Election stress is a real phenomenon that hurts people, but particularly people who hear the verbal bullying of people like Whitman, Fiorina, Hartzler, O’Donnell, and Angle, who have all made very direct anti-gay remarks, as well as remarks that offend the sensibilities about immigrants, ethnic minorities, etc.  It’s easy to say, “Gurl, that ain’t my thang” and just tune it all out by dancing at da club, but that’s exactly how these morons become elected as the people who make the Laws of the Land that oppress all kinds of people, including us gayboyz. 

Whenever there is economic stress, the minorities take the brunt of it, because of fear and a spiritual ”belief in lack”.  There is a story that marijuana became illegal in the 30′s because workers in Arizona feared that Mexicans, who smoked weed, were ”taking their jobs”.  Fear will motivate people to do the weirdest things, like nominate crazy people for office.  It’s dangerous.  But these things do tend to subside in better economic times, which I believe is the answer to a lot that ails America.  I just wish that economic recovery would hurry its ass up.   

There is hope; despite the recent spate of gay teen suicides, everyone from Dan Savage to the President has made an “It Gets Better” video.  There is a “balance” to these things.  In general, good, sane people outnumber evil, crazy ones.  We must hang on to that.  That is the sanity by which we will eventually achieve full gay equality, someday. 

But I, for one, am not putting much stock in a “media craze” that is the “It Gets Better” campaign, because the easy response to those by gay bullied teens is, “Yeah, that’s great, you rich empowered adult gay dudes, but what do I do NOW, when so-and-so  is punching me every afternoon on my way home from school?”  The answer to gay bullying is not a video campaign on YouTube; it’s direct action that puts schools on notice that they either identify and punish the bullies, or they pay the price for their inaction and get sued by grieving parents for multiple millions of dollars.  Nothing would stop bullying faster than A) bullied kids or their allies fighting back (“Bullied Bullies Don’t Bully”); or B) parents and others bringing legal action against lazy school administrators.  You’ll never see anything jump faster than a school principal with a court summons on his desk, or even the threat of one. 
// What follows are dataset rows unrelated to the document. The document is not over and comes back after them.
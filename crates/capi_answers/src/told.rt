// Answers as structs of numbers.
ghost use Rattle.std.specs.Prelude.{◌≡◌};
ghost use Rattle.answers.specs.Answers.{number_read, read_place, write_told, test_told, value_told, verdict_told};
ghost use Rattle.state.specs.declared.state.State.{State};
ghost use Rattle.state_survey.specs.Survey.{survey_told};
ghost use Rattle.capi_answers.specs.Answers.{read_out, written_out, tested_out, value_out, verdict_out, cut_out, survey_out};

use answers::{
    Verdict, outcome_number, read_number, read_place, test_agrees, test_number, value_answered,
    value_number, verdict_kind, verdict_number, verdict_solution, write_length, write_number,
};
use cause::{Cause, Refusal};
use survey::Surveyed;

// Reading: the number that refuses, and its place.
#[repr(C)]
#[derive(Clone, Copy)]
pub struct SheetRead {
    pub number: u8,
    pub place: usize,
}

// Writing: the number that refuses, and how many bytes the sheet has.
#[repr(C)]
#[derive(Clone, Copy)]
pub struct SheetWritten {
    pub number: u8,
    pub length: usize,
}

// Testing: the number that refuses, and whether the values are a build.
#[repr(C)]
#[derive(Clone, Copy)]
pub struct SheetTested {
    pub number: u8,
    pub agrees: bool,
}

// The value of a follower: the number that refuses, and the value.
#[repr(C)]
#[derive(Clone, Copy)]
pub struct SheetValue {
    pub number: u8,
    pub value: u8,
}

// The verdict, or what the search says: the number that refuses; 1 for NONE, 2 for BUILT, 3 for OPEN, 0 with a refusal; and the build shown, all zero unless
// BUILT. The search never says OPEN.
#[repr(C)]
#[derive(Clone, Copy)]
pub struct SheetVerdict {
    pub number: u8,
    pub kind: u8,
    pub solution: [u8; 16],
}

// Reading, the full reduction and the verdict: the number that refuses the sheet, its place, the steps, the kind of the verdict and the build shown; zero
// but for number and place where the sheet is refused.
#[repr(C)]
#[derive(Clone, Copy)]
pub struct SheetCut {
    pub number: u8,
    pub place: usize,
    pub steps: usize,
    pub kind: u8,
    pub solution: [u8; 16],
}

// The survey: the number that refuses, whether there are more builds than the count, for each option the values that some build has, zero past n, and the
// count of builds; zero but for the number where it is refused.
#[repr(C)]
#[derive(Clone, Copy)]
pub struct SheetSurvey {
    pub number: u8,
    pub more: bool,
    pub words: [u32; 16],
    pub count: u64,
}

#[tactic(auto, unfolding(crate::specs::Answers::read_out))]
pub fn read_told(outcome: Result<(), Refusal>) -> SheetRead
    ensures { (s : State) → result ≡ read_out (record { number = number_read outcome; place = read_place outcome; state = s }) }
{
    SheetRead {
        number: read_number(outcome),
        place: read_place(outcome),
    }
}

#[tactic(auto, unfolding(crate::specs::Answers::written_out))]
pub fn written(answer: Result<usize, Cause>) -> SheetWritten
    ensures { result ≡ written_out (write_told answer) }
{
    SheetWritten {
        number: write_number(answer),
        length: write_length(answer),
    }
}

#[tactic(auto, unfolding(crate::specs::Answers::tested_out))]
pub fn tested(answer: Result<bool, Cause>) -> SheetTested
    ensures { result ≡ tested_out (test_told answer) }
{
    SheetTested {
        number: test_number(answer),
        agrees: test_agrees(answer),
    }
}

#[tactic(auto, unfolding(crate::specs::Answers::value_out))]
pub fn value_told(answer: Result<u8, Cause>) -> SheetValue
    ensures { result ≡ value_out (value_told answer) }
{
    SheetValue {
        number: value_number(answer),
        value: value_answered(answer),
    }
}

// What a verdict or a search tells.
#[tactic(auto, unfolding(crate::specs::Answers::verdict_out))]
pub fn verdict_told(verdict: Result<Verdict, Cause>) -> SheetVerdict
    ensures { result ≡ verdict_out (verdict_told verdict) }
{
    SheetVerdict {
        number: verdict_number(verdict),
        kind: verdict_kind(verdict),
        solution: verdict_solution(verdict),
    }
}

#[tactic(auto, unfolding(crate::specs::Answers::cut_out))]
pub fn cut_told(
    outcome: Result<(), Refusal>,
    steps: usize,
    verdict: Result<Verdict, Cause>,
) -> SheetCut
    ensures { (s : State) → result ≡ cut_out (record { number = number_read outcome; place = read_place outcome; state = s; steps = steps; verdict = verdict_told verdict }) }
{
    SheetCut {
        number: read_number(outcome),
        place: read_place(outcome),
        steps,
        kind: verdict_kind(verdict),
        solution: verdict_solution(verdict),
    }
}

#[tactic(auto, unfolding(crate::specs::Answers::survey_out, state_survey::specs::Survey::survey_told, answers::specs::Answers::outcome_number))]
pub fn survey_told(answer: Result<Surveyed, Cause>) -> SheetSurvey
    ensures { result ≡ survey_out (survey_told answer) }
{
    match answer {
        Ok(found) => {
            let words = found.words;
            SheetSurvey {
                number: 0,
                more: found.more,
                words,
                count: found.count,
            }
        }
        Err(cause) => SheetSurvey {
            number: outcome_number(Err(cause)),
            more: false,
            words: [0; 16],
            count: 0,
        },
    }
}
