// The version of the calls for C and Rust, by which a caller sees that header and library belong together.
ghost use Rattle.std.specs.Prelude.{◌≡◌};
ghost use Rattle.capi_answers.specs.Version.{version_built};

// SHEET_VERSION_MAJOR and SHEET_VERSION_MINOR of `include/sheet.h`, in one number.
const VERSION: u32 = 393217;

pub fn version_built() -> u32
    ensures { result ≡ version_built }
{
    VERSION
}
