// The 36 yaku of a reading, and which of them are listed.
#![tactic(auto)]

ghost use Rattle.std.specs.Prelude.{◌≡◌, ◌<◌, ◌≤◌};
ghost use Rattle.std.specs.List.{list_any};
ghost use Rattle.yaku_basics.specs.Tests.{concealed, kans};
ghost use Rattle.yaku_tiles.specs.search.TileTests.{tile_tests_of};
ghost use Rattle.yaku.specs.Yaku.{tests_of, is_yakuman, listed as listed_of, yaku_of, has_yaku};
ghost use Rattle.yaku.specs.search.Common.{group_tests_of, place_tests_of};

use units::Han;
use yaku_tiles::TileTests;

// Yaku 26 to 36 are the yakuman.
const FIRST_YAKUMAN: usize = 26;

// What is the same in every reading of a hand. The tally has all tiles, kans whole; round and own are kinds of wind;
// meldless says that no meld is held.
#[derive(Clone, Copy)]
pub struct Won {
    pub tally: [u8; 34],
    pub win: u8,
    pub round: u8,
    pub own: u8,
    pub riichi: u8,
    pub situation: u8,
    pub ron: bool,
    pub closed: bool,
    pub meldless: bool,
}

// A reading with its melds. Shape 0 is regular, 1 seven pairs, 2 thirteen orphans. The four groups are the reading's in its
// order and then the melds; a way is 0 concealed, 1 open, 2 an open kan, 3 a closed kan. Where there is none, the pair is 34
// and a group 68. Numbers, since the definitions over the papers' numbers hold them (`tests_of`, `is_concealed`, `triplet_fu`, `earns_wait`).
#[derive(Clone, Copy)]
pub struct FullReading {
    pub shape: u8,
    pub pair: u8,
    pub groups: [u8; 4],
    pub ways: [u8; 4],
    pub place: u8,
}

// What the pair and the groups say, the same at each place of the winning tile. `yaku` has the tests; those that go by the place or the ways are false.
// `yakuman` and `any` say what is among them, `values` is the han of yaku 3, `runs` yaku 4 but for the place, `value` that the pair is a value tile.
#[derive(Clone, Copy)]
pub struct GroupTests {
    pub yaku: [bool; 37],
    pub yakuman: bool,
    pub any: bool,
    pub values: Han,
    pub runs: bool,
    pub value: bool,
}

// What the place of the winning tile says, and the ways with it: whether the wait earns fu; yaku 4; how many triplets are concealed and how many
// groups are kans; and whether a yakuman, or any yaku, is among all tests.
#[derive(Clone, Copy)]
pub struct PlaceTests {
    pub wait: bool,
    pub pinfu: bool,
    pub ankou: u8,
    pub kan: u8,
    pub yakuman: bool,
    pub any: bool,
}

// The tests of the pair and the groups, to be made once for all places.
pub fn group_tests(w: Won, x: TileTests, shape: u8, pair: u8, g: [u8; 4]) -> GroupTests
    requires x_value { x ≡ tile_tests_of w.tally w.meldless }
    requires round_bound { (w.round < 34) × (w.own < 34) }
    ensures value { result ≡ group_tests_of w shape pair g }
    ensures values_bound { result.values.0 ≤ 5 }
{
    let round = w.round;
    let own = w.own;
    let riichi = w.riichi;
    let situation = w.situation;
    let ron = w.ron;
    let closed = w.closed;
    let little = yaku_basics::little_dragons(g, pair);
    let values = yaku_basics::value_han(g, round, own, little);
    let twin = yaku_groups::twins(g);
    let outside = yaku_groups::outside(g, pair);
    let value = yaku_basics::is_value(round, own, pair);
    let yaku = [
        false,
        closed & !ron,
        x.simples,
        0 < values.0,
        false,
        closed & (twin == 1),
        situation == 2,
        situation == 1,
        (situation == 3) & !ron,
        (situation == 3) & ron,
        closed & (riichi == 1),
        closed & (riichi == 2),
        closed & (shape == 1),
        yaku_groups::in_three_suits(0, g),
        yaku_groups::straight(g),
        outside & x.honour,
        yaku_groups::in_three_suits(34, g),
        yaku_groups::triplets(g),
        false,
        false,
        x.yaochus,
        closed & (twin == 2),
        outside & !x.honour,
        x.half,
        little,
        x.flush,
        (situation == 4) & (own == 27),
        (situation == 4) & !(own == 27),
        yaku_basics::dragons(g) == 3,
        yaku_groups::four_winds(g, pair),
        false,
        false,
        x.honours,
        x.terminals,
        x.greens,
        x.gates,
        shape == 2,
    ];
    let runs = yaku_basics::may_be_pinfu(closed, g, value);
    let yakuman = is_yakuman(yaku);
    let any = has_yaku(yaku);
    GroupTests {
        yaku,
        yakuman,
        any,
        values,
        runs,
        value,
    }
}

// The tests of the place, where `ankou` triplets are concealed and `kan` groups are kans.
pub fn place_tests(w: Won, k: GroupTests, p: FullReading, ankou: u8, kan: u8) -> PlaceTests
    requires k_value { k ≡ group_tests_of w p.shape p.pair p.groups }
    requires ankou_value { (ankou ≡ concealed p.groups p.ways) × (kan ≡ kans p.ways) × (p.place ≤ 4) }
    ensures { result ≡ place_tests_of w p }
{
    let g = p.groups;
    let wait = yaku_basics::earns_wait(p.place, yaku_basics::placed(g, p.place), w.win);
    let pinfu = k.runs & !wait;
    let all_ankou = w.closed & (ankou == 4);
    PlaceTests {
        wait,
        pinfu,
        ankou,
        kan,
        yakuman: k.yakuman | (all_ankou | (kan == 4)),
        any: k.any | (pinfu | (ankou == 3) | (kan == 3) | all_ankou | (kan == 4)),
    }
}

// Each of the 36 yaku, whatever the others say: yaku n at place n.
pub fn tests(w: Won, k: GroupTests, q: PlaceTests, p: FullReading) -> [bool; 37]
    requires k_value { k ≡ group_tests_of w p.shape p.pair p.groups }
    requires q_value { q ≡ place_tests_of w p }
    ensures { result ≡ tests_of w p }
{
    let mut y = k.yaku;
    y[4] = q.pinfu;
    y[18] = q.ankou == 3;
    y[19] = q.kan == 3;
    y[30] = w.closed & (q.ankou == 4);
    y[31] = q.kan == 4;
    y
}

// One of these tests holds. All are read: a fold without a branch is quicker here than `any`, which stops at the first.
fn some(tests: &[bool]) -> bool
    ensures { result ≡ list_any (λ b. b) tests.now }
{
    tests.iter().fold(false, |found, &test| found | test)
}

// A yakuman is among the yaku.
pub fn is_yakuman(y: [bool; 37]) -> bool
    ensures { result ≡ is_yakuman y }
{
    some(&y[FIRST_YAKUMAN..])
}

// With a yakuman only yakuman are listed.
fn listed(y: [bool; 37], yakuman: bool) -> [bool; 37]
    requires { yakuman ≡ is_yakuman y }
    ensures { result ≡ listed_of y }
{
    if !yakuman {
        return y;
    }
    let mut z = [false; 37];
    z[FIRST_YAKUMAN..].copy_from_slice(&y[FIRST_YAKUMAN..]);
    z
}

// The yaku that are listed for a reading: with a yakuman only yakuman.
pub fn yaku_of(w: Won, k: GroupTests, q: PlaceTests, p: FullReading) -> [bool; 37]
    requires k_value { k ≡ group_tests_of w p.shape p.pair p.groups }
    requires q_value { q ≡ place_tests_of w p }
    ensures { result ≡ yaku_of w p }
{
    listed(tests(w, k, q, p), q.yakuman)
}

// A yaku is listed.
pub fn has_yaku(y: [bool; 37]) -> bool
    ensures { result ≡ has_yaku y }
{
    some(&y)
}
The anti-gay bullying on the literal level with gay teens is just a juvenile version of the adult bullying from these crazy anti-gay candidates, or even from our “ally” President, who has just directed his own Department of Justice to defend both DOMA and DADT in court.  Barack Obama is nothing if not a disparity between his words and his actions.  And his actions amount to a certain Federal judicial bullying of its own. 

What’s the answer, to preserve gay men’s mental health in the face of all this political stress?  Vote.  Fight back at the ballot box.  Take the morning of Tuesday, November 2nd off, or the afternoon.  But take one of them off, and go vote.  No matter where you are, you can make things better for LGBT people with the stroke of your ballot stylus or whatever system you have in your town.  Whether it’s the playground or the statehouse, “bullied bullies don’t bully.”